Sincerity’s quick death
To be clear, The Complete Deaths is not a faithful presentation of all of the onstage deaths in Shakespeare, although at the start of the play the audience is told that it is meant to be. Any upfront attempt at sincerity, however, is thwarted by a cast (Curio’s co-artistic director Paul Kuhn, along with Aetna Gallagher, Tessa Kuhn, and Nathan Joseph) that’s just trying to have a little fun.
So what we wind up with in director Meg Trelease’s hands, instead of a sincere ode to the Bard’s departed characters, is a multimedia performance that includes mime, expressionist dance, clowning, puppetry, and more. The deaths are all still there, but they’re not what you’d expect. Standout moments included a clownish take on Titus Andronicus, a moment in which Joseph performs two deaths simultaneously, and the moment a fight turned into a musical number that would have befitted The Blue Man Group (sans the body paint).
A family affair
The two Kuhns, Gallagher, and Joseph are all related. Tessa is Paul's daughter. Gallagher is Paul’s sister and Tessa’s Aunt. They are all cousins to Joseph. This might help to explain why The Complete Deaths cast is clearly having a helluva good time here. The good time is infectious, and it’s impossible as an audience member not to embrace the joy of the performance.
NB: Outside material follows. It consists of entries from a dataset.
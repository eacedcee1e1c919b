//! What a search for evidence comes to over two journals.

ghost use Rattle.std.specs.Prelude.{◌≡◌, IfOk};
ghost use Rattle.journal_text.specs.Closed.{IsClosed};
ghost use Rattle.joined_evidence.specs.Searches.{certificate_in, IsOpenSearch, IsJournalSearch};

use archive_files::FilesError;
use attribution_desk::{Finding, IndexedPair, Search, SearchAnswer, search_open};
use candidate_leases::candidate_leases;
use causal_order::Certificate;
use evidence_search::Query;
use joined_answers::has_carried;
use journal_archive::PairJournals;
use line_index::LineIndex;
use plain_search::HolderQuery;
use std::alloc::Global;
use std::thread::Threads;

/// What a search for evidence comes to over two journals.
#[derive(Debug, Drop)]
pub(crate) enum JournalSearch {
    /// This certificate shows what is asked.
    Shown(Certificate),
    /// None is given, and a lease of the prefix near the moment is carried from earlier volumes.
    Carried,
    /// None is given, and no such lease is.
    NotShown,
    /// Something stands against the two journals, whatever is asked of them.
    Barred,
}

/// The certificate that a search gives, if it gives one.
fn certificate_in(answer: SearchAnswer) -> Option<Certificate>
    ensures { result ≡ certificate_in answer }
{
    match answer {
        SearchAnswer::Found(Finding::Shown(certificate)) => Some(certificate),
        SearchAnswer::Found(Finding::NoneFound) => None,
        SearchAnswer::Found(Finding::TooLong) => None,
        SearchAnswer::Refused(_) => None,
    }
}

/// What a search comes to in an index of two journals against which nothing stands.
fn search_in(
    alloc: Global,
    index: &LineIndex,
    shown: &PairJournals,
    query: &Query,
    moment: &HolderQuery,
) -> Result<JournalSearch, FilesError>
    ensures { IfOk result (IsOpenSearch index.now.journals query.now moment.now) }
{
    let search = Search::Find(*query);
    let Ok(answer) = search_open(alloc, index, &shown.primary, &shown.secondary, &search) else {
        return Err(FilesError::Memory);
    };
    if let Some(certificate) = certificate_in(answer) {
        return Ok(JournalSearch::Shown(certificate));
    }
    let leases = candidate_leases(alloc, index, moment)?;
    if has_carried(&leases) {
        Ok(JournalSearch::Carried)
    } else {
        Ok(JournalSearch::NotShown)
    }
}

/// What a search comes to over two journals, whose lines are indexed once; leases are looked for near the moment.
/// `Memory` where a growth was refused.
pub(crate) fn journal_search(
    rt: &(impl Threads + Sync),
    alloc: Global,
    shown: &PairJournals,
    query: &Query,
    moment: &HolderQuery,
) -> Result<JournalSearch, FilesError>
    requires primary { IsClosed shown.now.primary.lines }
    requires secondary { IsClosed shown.now.secondary.lines }
    ensures { IfOk result (IsJournalSearch shown.now.primary shown.now.secondary query.now moment.now) }
{
    let Ok(case) = IndexedPair::of(rt, alloc, &shown.primary, &shown.secondary, query.skew) else {
        return Err(FilesError::Memory);
    };
    match &case {
        IndexedPair::Open(index) => search_in(alloc, index, shown, query, moment),
        IndexedPair::Refused(_) => Ok(JournalSearch::Barred),
    }
}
The familial relationship of the show’s cast also adds to the comedy of the show itself: in addition to all of the deaths, the script calls for a fair amount of kissing, which, as Paul and Gallagher tell us early in the show, is all being simulated to avoid any awkwardness. Shakespeare might have written characters who married their relatives, but in 2023 West Philly, some things are still taboo.
Comedy = tragedy + time
I know three people with Covid right now, so saying the virus is in the rearview isn’t fair or accurate. But the theater community is drifting back toward some version of normalcy (even if masking is required for many audiences, including Curio’s) and I’m sure that sometime in the not-too-distant future, someone will write a comedic play about the coronavirus pandemic and we’ll all want to see it for a cathartic laugh.
But to the extent that laughing itself is cathartic, The Complete Deaths gives us a hilarious soft landing-pad, three years after the world shut down, and the opportunity to heal some of the wounds that we’ve suffered since.
What, When, Where
The Complete Deaths. By Tim Crouch & Spymonkey (Aitor Basauri, Stephan Kreiss, Petra Massey, and Toby Park); directed by Meg Trelease. $20-$30. Through April 1, 2023, the Black Box at the Calvary Center, 4740 Baltimore Avenue, Philadelphia. (215) 921-8243 or curiotheatre.org.
Accessibility
The Black Box at the Calvary Center is wheelchair-accessible by elevator via the entrance on 48th Street, next to the corner steps on 48th and Baltimore. Patrons who need to access it should call ahead at the box office for assistance.
Masks are required for all performances.